Extracted data:
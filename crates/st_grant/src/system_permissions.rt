//! Permissions on the system.
ghost use Rattle.std.specs.Prelude.{◌≡◌, [], ◌∷◌, filter, not, IfOk};
ghost use Rattle.std.specs.List.{list_any};
ghost use Rattle.st_grant.specs.Permissions.{same_permission, system_permissions, listed};

use crate::permission::Permission;
use arrayvec::ArrayVec;
use st_text::Items;
use std::alloc::{AllocError, Allocator};
use std::marker::Model;

// The permissions on the system, in listing order.
pub(crate) const SYSTEM_PERMISSIONS: [Permission; 8] = [
    Permission::CreateTable,
    Permission::DropTable,
    Permission::AlterTable,
    Permission::CreateUser,
    Permission::DropUser,
    Permission::AlterUser,
    Permission::Grant,
    Permission::System,
];

/// The permissions that a user has on the system. They lie in the value itself.
#[derive(Drop)]
pub struct SystemPermissions {
    permissions: ArrayVec<Permission, 8>,
}

impl Model for SystemPermissions {
    ghost use Rattle.std.specs.Prelude.{List};
    ghost use Rattle.st_grant.specs.declared.permission.Permission.{Permission};

    ghost Value = { List Permission };

    ghost view = { λ s. s.permissions.items };
}

// Whether a permission is among these.
pub(crate) fn has_permission(permissions: &[Permission], permission: Permission) -> bool
    ensures { result ≡ list_any (same_permission permission) permissions.now }
{
    for held in permissions {
        if permission.is_same(*held) {
            return true;
        }
    }
    false
}

impl SystemPermissions {
    /// No permission.
    pub fn none() -> SystemPermissions
        ensures { result ≡ [] }
    {
        SystemPermissions {
            permissions: ArrayVec::new(),
        }
    }

    /// Each permission on the system.
    pub fn all() -> SystemPermissions
        ensures { result ≡ system_permissions }
    {
        let mut permissions = ArrayVec::new();
        for permission in SYSTEM_PERMISSIONS {
            permissions.push(permission);
        }
        SystemPermissions { permissions }
    }

    /// Whether the permission is one of them.
    pub fn has(&self, permission: Permission) -> bool
        ensures { result ≡ list_any (same_permission permission) self.now }
    {
        has_permission(self.permissions.as_slice(), permission)
    }

    // Whether a permission is among these or is the one given.
    fn is_listed_with(&self, permission: Permission, next: Permission) -> bool
        ensures { result ≡ list_any (same_permission next) (permission ∷ self.now) }
    {
        next.is_same(permission) || self.has(next)
    }

    // Those of a list that are among these or are the one given.
    fn among(&self, permission: Permission, all: &[Permission; 8]) -> SystemPermissions
        ensures { result ≡ filter (λ next. list_any (same_permission next) (permission ∷ self.now)) all.now }
    {
        let mut permissions = ArrayVec::new();
        for next in all {
            if self.is_listed_with(permission, *next) {
                permissions.push(*next);
            }
        }
        SystemPermissions { permissions }
    }

    // Those on the system that are among these or are the one given.
    pub(crate) fn with(&self, permission: Permission) -> SystemPermissions
        ensures { result ≡ listed (permission ∷ self.now) }
    {
        self.among(permission, &SYSTEM_PERMISSIONS)
    }

    // These without the one given.
    pub(crate) fn without(&self, permission: Permission) -> SystemPermissions
        ensures { result ≡ filter (λ held. not (same_permission permission held)) self.now }
    {
        let mut permissions = ArrayVec::new();
        for held in self.permissions.as_slice() {
            if !permission.is_same(*held) {
                permissions.push(*held);
            }
        }
        SystemPermissions { permissions }
    }

    /// Adds the permission, if it is one on the system.
    pub fn add(&mut self, permission: Permission)
        ensures { self.new ≡ listed (permission ∷ self.old) }
    {
        *self = self.with(permission);
    }

    /// Takes the permission out.
    pub fn remove(&mut self, permission: Permission)
        ensures { self.new ≡ filter (λ held. not (same_permission permission held)) self.old }
    {
        *self = self.without(permission);
    }

    // Those of a list that are among these. `AllocError` when out of memory.
    fn held_of<A: Allocator + Copy>(
        &self,
        alloc: A,
        all: &[Permission; 8],
    ) -> Result<Items<Permission, A>, AllocError>
        ensures { IfOk result (λ list. list ≡ filter (λ p. list_any (same_permission p) self.now) all.now) }
    {
        let mut list = Items::new(alloc);
        for permission in all {
            if self.has(*permission) {
                list.push(*permission)?;
            }
        }
        Ok(list)
    }

    /// The permissions as a list. `AllocError` when out of memory.
    pub fn listed<A: Allocator + Copy>(&self, alloc: A) -> Result<Items<Permission, A>, AllocError>
        ensures { IfOk result (λ list. list ≡ listed self.now) }
    {
        self.held_of(alloc, &SYSTEM_PERMISSIONS)
    }

    /// An equal set.
    pub fn copy(&self) -> SystemPermissions
        ensures { result ≡ self.now }
    {
        let mut permissions = ArrayVec::new();
        for held in self.permissions.as_slice() {
            permissions.push(*held);
        }
        SystemPermissions { permissions }
    }
}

What is required: Could you show every line of the listing that holds the string "next"?

Written reply:
    fn is_listed_with(&self, permission: Permission, next: Permission) -> bool
        ensures { result ≡ list_any (same_permission next) (permission ∷ self.now) }
        next.is_same(permission) || self.has(next)
        ensures { result ≡ filter (λ next. list_any (same_permission next) (permission ∷ self.now)) all.now }
        for next in all {
            if self.is_listed_with(permission, *next) {
                permissions.push(*next);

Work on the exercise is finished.